### Exercise details:
Please reproduce the data in full, exactly as it stands.

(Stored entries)
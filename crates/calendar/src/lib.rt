// The calendar type with its constants, and the refusals by name.

#![tactic(auto)]

ghost use Rattle.std.specs.Prelude.{◌≡◌};
ghost use Rattle.calendar.specs.Meaning.{empty, bottom_row};
ghost use Rattle.calendar.specs.Limits.{in_range};
ghost use Rattle.calendar.specs.Refusals.{number_of, row_of_calendar};

// The most entries that a table has.
pub const ENTRY_LIMIT: usize = 64;

// The most cells that a pool or a row has.
pub const POOL_LIMIT: usize = 4194304;

pub const LONGEST_PERIOD: i64 = POOL_LIMIT as i64;

// The longest lateness that may be asked about, in instants.
pub const LATE_LIMIT: i64 = 1048576;

// A calendar whose row has one cell: its period, its distance and the row.
#[derive(Clone, Copy)]
pub struct Calendar {
    pub period: i64,
    pub distance: i64,
    pub row: [i32; 1],
}

impl Calendar {
    // The cell of an instant that has no label.
    pub const EMPTY: i32 = -2147483648;
    // Labels and instants are from -1,000,000,000 to 1,000,000,000.
    pub const LEAST_LABEL: i64 = -1000000000;

    pub const GREATEST_LABEL: i64 = 1000000000;

    pub const BOTTOM_PERIOD: i64 = 1;

    pub const BOTTOM_DISTANCE: i64 = 1;

    pub const BOTTOM_LABEL: i32 = 0;

    // Bottom: each instant is its own label.
    pub fn bottom() -> Calendar
        ensures { row_of_calendar result ≡ bottom_row }
    {
        Calendar {
            period: Calendar::BOTTOM_PERIOD,
            distance: Calendar::BOTTOM_DISTANCE,
            row: [Calendar::BOTTOM_LABEL; 1],
        }
    }

    pub fn empty_cell() -> i32
        ensures { result ≡ empty }
    {
        Calendar::EMPTY
    }

    // z may be a label or a given instant.
    pub fn in_range(z: i64) -> bool
        ensures { result ≡ in_range z }
    {
        Calendar::LEAST_LABEL <= z && z <= Calendar::GREATEST_LABEL
    }
}

// Why a table, an entry, a row or a question is refused: a name for each of the numbers 1 to 20.
#[derive(Clone, Copy)]
pub enum Refusal {
    TableLength,
    TooFewHeadings,
    PoolTooLong,
    UnknownKind,
    OperandNotEarlier,
    NumberOutsideLimits,
    OperandNotFull,
    TooLong,
    NotAligned,
    GranuleEmptied,
    LabelOutsideLimits,
    NothingLabelled,
    RowNotSound,
    ArgumentOutsideLimits,
    NotALabel,
    PartsIncomplete,
    ListTooShort,
    AllowanceNotAllowed,
    TextNotAllowed,
    NoSuchDate,
}

impl Refusal {
    pub fn number(self) -> u32
        ensures { result ≡ number_of self }
    {
        match self {
            Refusal::TableLength => 1,
            Refusal::TooFewHeadings => 2,
            Refusal::PoolTooLong => 3,
            Refusal::UnknownKind => 4,
            Refusal::OperandNotEarlier => 5,
            Refusal::NumberOutsideLimits => 6,
            Refusal::OperandNotFull => 7,
            Refusal::TooLong => 8,
            Refusal::NotAligned => 9,
            Refusal::GranuleEmptied => 10,
            Refusal::LabelOutsideLimits => 11,
            Refusal::NothingLabelled => 12,
            Refusal::RowNotSound => 13,
            Refusal::ArgumentOutsideLimits => 14,
            Refusal::NotALabel => 15,
            Refusal::PartsIncomplete => 16,
            Refusal::ListTooShort => 17,
            Refusal::AllowanceNotAllowed => 18,
            Refusal::TextNotAllowed => 19,
            Refusal::NoSuchDate => 20,
        }
    }
}
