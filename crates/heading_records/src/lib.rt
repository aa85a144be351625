// The check of finished lists with a record for each heading.

#![tactic(auto)]

ghost use Rattle.std.specs.Prelude.{◌≡◌, ◌*◌, ◌/◌, length, take};
ghost use Rattle.calendar.specs.Limits.{heading_length};
ghost use Rattle.headings.specs.Records.{numbers_of};
ghost use Rattle.verdicts.specs.Check as Check;
ghost use Rattle.heading_records.specs.Reading.{is_zero, none_read, read_next, at_most, ReadsAll, beyond};

use calendar::ENTRY_LIMIT;
use entries::ENTRY_LENGTH;
use headings::Heading;
use row_entry::HEADING_LENGTH;
use verdicts::Verdict;

// Headings by value: four numbers for each entry that a table may have, and whether all further headings are zero.
#[derive(Clone, Copy)]
pub struct Read {
    pub numbers: [u32; HEADING_LENGTH * ENTRY_LIMIT],
    pub zero: bool,
}

// No heading is read.
fn none_read() -> Read
    ensures { result ≡ none_read }
{
    let numbers = [0; HEADING_LENGTH * ENTRY_LIMIT];
    Read {
        numbers,
        zero: true,
    }
}

// Whether a heading is zero.
fn is_zero(h: Heading) -> bool
    ensures { result ≡ is_zero h }
{
    if h.start != 0 {
        return false;
    }
    if h.period != 0 {
        return false;
    }
    if h.distance != 0 {
        return false;
    }
    h.granules == 0
}

// The i-th heading is read, behind those before it.
fn read_next(read: Read, i: usize, h: Heading) -> Read
    ensures { result ≡ read_next read i h }
{
    if i < ENTRY_LIMIT {
        let at = HEADING_LENGTH * i;
        let mut numbers = read.numbers;
        numbers[at] = h.start;
        numbers[at + 1] = h.period;
        numbers[at + 2] = h.distance;
        numbers[at + 3] = h.granules;
        return Read {
            numbers,
            zero: read.zero,
        };
    }
    if is_zero(h) {
        return read;
    }
    let numbers = read.numbers;
    Read {
        numbers,
        zero: false,
    }
}

// Reads every heading.
pub fn read_all(headings: &[Heading]) -> Read
    ensures { ReadsAll headings.now result }
{
    let mut read = none_read();
    for (i, h) in headings.iter().enumerate() {
        read = read_next(read, i, *h);
    }
    read
}

// Checks rows and headings that are read, of which so many are lent.
fn check_read(table: &[i32], read: Read, lent: usize, pool: &[i32]) -> Verdict
    ensures { result ≡ beyond read.zero (length table.now / 6) (Check.check table.now (take (heading_length * at_most lent) read.numbers) pool.now) }
{
    let numbers = read.numbers;
    let entries = if lent < ENTRY_LIMIT {
        lent
    } else {
        ENTRY_LIMIT
    };
    let verdict = checking::check(table, &numbers[..HEADING_LENGTH * entries], pool);
    if read.zero {
        return verdict;
    }
    match verdict {
        Verdict::Accepted => Verdict::Wrong((table.len() / ENTRY_LENGTH) as u32),
        Verdict::Refused(number, k) => Verdict::Refused(number, k),
        Verdict::Wrong(k) => Verdict::Wrong(k),
    }
}

// Checks headings, a record for each entry, and rows that stand in a pool: accepted exactly when `convert` answers the table and would leave just these headings and
// cells in lists of these lengths. Refuses 1, 2 and 3 for the lists, with entry 0, and 4 to 12 as `convert` does, for the first entry that calls for it or whose heading or row
// is wrong; a refusal comes before what is wrong at the same entry. Wrong names that entry, or the number of entries where only the rest is wrong. Costs one pass over
// the headings, and time as `convert` does; no memory, and no list of its own.
pub fn check(table: &[i32], headings: &[Heading], pool: &[i32]) -> Verdict
    ensures { result ≡ Check.check table.now (numbers_of headings.now) pool.now }
{
    let read = read_all(headings);
    check_read(table, read, headings.len(), pool)
}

### Worked solution:
filename crates/calendar/src/lib.rt
// The calendar type with its constants, and the refusals by name.

#![tactic(auto)]

ghost use Rattle.std.specs.Prelude.{◌≡◌};
ghost use Rattle.calendar.specs.Meaning.{empty, bottom_row};
ghost use Rattle.calendar.specs.Limits.{in_range};
ghost use Rattle.calendar.specs.Refusals.{number_of, row_of_calendar};

// The most entries that a table has.
pub const ENTRY_LIMIT: usize = 64;

// The most cells that a pool or a row has.
pub const POOL_LIMIT: usize = 4194304;

pub const LONGEST_PERIOD: i64 = POOL_LIMIT as i64;

// The longest lateness that may be asked about, in instants.
pub const LATE_LIMIT: i64 = 1048576;

// A calendar whose row has one cell: its period, its distance and the row.
#[derive(Clone, Copy)]
pub struct Calendar {
    pub period: i64,
    pub distance: i64,
    pub row: [i32; 1],
}

impl Calendar {
    // The cell of an instant that has no label.
    pub const EMPTY: i32 = -2147483648;
    // Labels and instants are from -1,000,000,000 to 1,000,000,000.
    pub const LEAST_LABEL: i64 = -1000000000;

    pub const GREATEST_LABEL: i64 = 1000000000;

    pub const BOTTOM_PERIOD: i64 = 1;

    pub const BOTTOM_DISTANCE: i64 = 1;

    pub const BOTTOM_LABEL: i32 = 0;

    // Bottom: each instant is its own label.
    pub fn bottom() -> Calendar
        ensures { row_of_calendar result ≡ bottom_row }
    {
        Calendar {
            period: Calendar::BOTTOM_PERIOD,
            distance: Calendar::BOTTOM_DISTANCE,
            row: [Calendar::BOTTOM_LABEL; 1],
        }
    }

    pub fn empty_cell() -> i32
        ensures { result ≡ empty }
    {
        Calendar::EMPTY
    }

    // z may be a label or a given instant.
    pub fn in_range(z: i64) -> bool
        ensures { result ≡ in_range z }
    {
        Calendar::LEAST_LABEL <= z && z <= Calendar::GREATEST_LABEL
    }
}

// Why a table, an entry, a row or a question is refused: a name for each of the numbers 1 to 20.
#[derive(Clone, Copy)]
pub enum Refusal {
    TableLength,
    TooFewHeadings,
    PoolTooLong,
    UnknownKind,
    OperandNotEarlier,
    NumberOutsideLimits,
    OperandNotFull,
    TooLong,
    NotAligned,
    GranuleEmptied,
    LabelOutsideLimits,
    NothingLabelled,
    RowNotSound,
    ArgumentOutsideLimits,
    NotALabel,
    PartsIncomplete,
    ListTooShort,
    AllowanceNotAllowed,
    TextNotAllowed,
    NoSuchDate,
}

impl Refusal {
    pub fn number(self) -> u32
        ensures { result ≡ number_of self }
    {
        match self {
            Refusal::TableLength => 1,
            Refusal::TooFewHeadings => 2,
            Refusal::PoolTooLong => 3,
            Refusal::UnknownKind => 4,
            Refusal::OperandNotEarlier => 5,
            Refusal::NumberOutsideLimits => 6,
            Refusal::OperandNotFull => 7,
            Refusal::TooLong => 8,
            Refusal::NotAligned => 9,
            Refusal::GranuleEmptied => 10,
            Refusal::LabelOutsideLimits => 11,
            Refusal::NothingLabelled => 12,
            Refusal::RowNotSound => 13,
            Refusal::ArgumentOutsideLimits => 14,
            Refusal::NotALabel => 15,
            Refusal::PartsIncomplete => 16,
            Refusal::ListTooShort => 17,
            Refusal::AllowanceNotAllowed => 18,
            Refusal::TextNotAllowed => 19,
            Refusal::NoSuchDate => 20,
        }
    }
}
filename crates/heading_records/src/lib.rt
repository aa85a144be351625
// The check of finished lists with a record for each heading.

#![tactic(auto)]

ghost use Rattle.std.specs.Prelude.{◌≡◌, ◌*◌, ◌/◌, length, take};
ghost use Rattle.calendar.specs.Limits.{heading_length};
ghost use Rattle.headings.specs.Records.{numbers_of};
ghost use Rattle.verdicts.specs.Check as Check;
ghost use Rattle.heading_records.specs.Reading.{is_zero, none_read, read_next, at_most, ReadsAll, beyond};

use calendar::ENTRY_LIMIT;
use entries::ENTRY_LENGTH;
use headings::Heading;
use row_entry::HEADING_LENGTH;
use verdicts::Verdict;

// Headings by value: four numbers for each entry that a table may have, and whether all further headings are zero.
#[derive(Clone, Copy)]
pub struct Read {
    pub numbers: [u32; HEADING_LENGTH * ENTRY_LIMIT],
    pub zero: bool,
}

// No heading is read.
fn none_read() -> Read
    ensures { result ≡ none_read }
{
    let numbers = [0; HEADING_LENGTH * ENTRY_LIMIT];
    Read {
        numbers,
        zero: true,
    }
}

// Whether a heading is zero.
fn is_zero(h: Heading) -> bool
    ensures { result ≡ is_zero h }
{
    if h.start != 0 {
        return false;
    }
    if h.period != 0 {
        return false;
    }
    if h.distance != 0 {
        return false;
    }
    h.granules == 0
}

// The i-th heading is read, behind those before it.
fn read_next(read: Read, i: usize, h: Heading) -> Read
    ensures { result ≡ read_next read i h }
{
    if i < ENTRY_LIMIT {
        let at = HEADING_LENGTH * i;
        let mut numbers = read.numbers;
        numbers[at] = h.start;
        numbers[at + 1] = h.period;
        numbers[at + 2] = h.distance;
        numbers[at + 3] = h.granules;
        return Read {
            numbers,
            zero: read.zero,
        };
    }
    if is_zero(h) {
        return read;
    }
    let numbers = read.numbers;
    Read {
        numbers,
        zero: false,
    }
}

// Reads every heading.
pub fn read_all(headings: &[Heading]) -> Read
    ensures { ReadsAll headings.now result }
{
    let mut read = none_read();
    for (i, h) in headings.iter().enumerate() {
        read = read_next(read, i, *h);
    }
    read
}

// Checks rows and headings that are read, of which so many are lent.
fn check_read(table: &[i32], read: Read, lent: usize, pool: &[i32]) -> Verdict
    ensures { result ≡ beyond read.zero (length table.now / 6) (Check.check table.now (take (heading_length * at_most lent) read.numbers) pool.now) }
{
    let numbers = read.numbers;
    let entries = if lent < ENTRY_LIMIT {
        lent
    } else {
        ENTRY_LIMIT
    };
    let verdict = checking::check(table, &numbers[..HEADING_LENGTH * entries], pool);
    if read.zero {
        return verdict;
    }
    match verdict {
        Verdict::Accepted => Verdict::Wrong((table.len() / ENTRY_LENGTH) as u32),
        Verdict::Refused(number, k) => Verdict::Refused(number, k),
        Verdict::Wrong(k) => Verdict::Wrong(k),
    }
}

// Checks headings, a record for each entry, and rows that stand in a pool: accepted exactly when `convert` answers the table and would leave just these headings and
// cells in lists of these lengths. Refuses 1, 2 and 3 for the lists, with entry 0, and 4 to 12 as `convert` does, for the first entry that calls for it or whose heading or row
// is wrong; a refusal comes before what is wrong at the same entry. Wrong names that entry, or the number of entries where only the rest is wrong. Costs one pass over
// the headings, and time as `convert` does; no memory, and no list of its own.
pub fn check(table: &[i32], headings: &[Heading], pool: &[i32]) -> Verdict
    ensures { result ≡ Check.check table.now (numbers_of headings.now) pool.now }
{
    let read = read_all(headings);
    check_read(table, read, headings.len(), pool)
}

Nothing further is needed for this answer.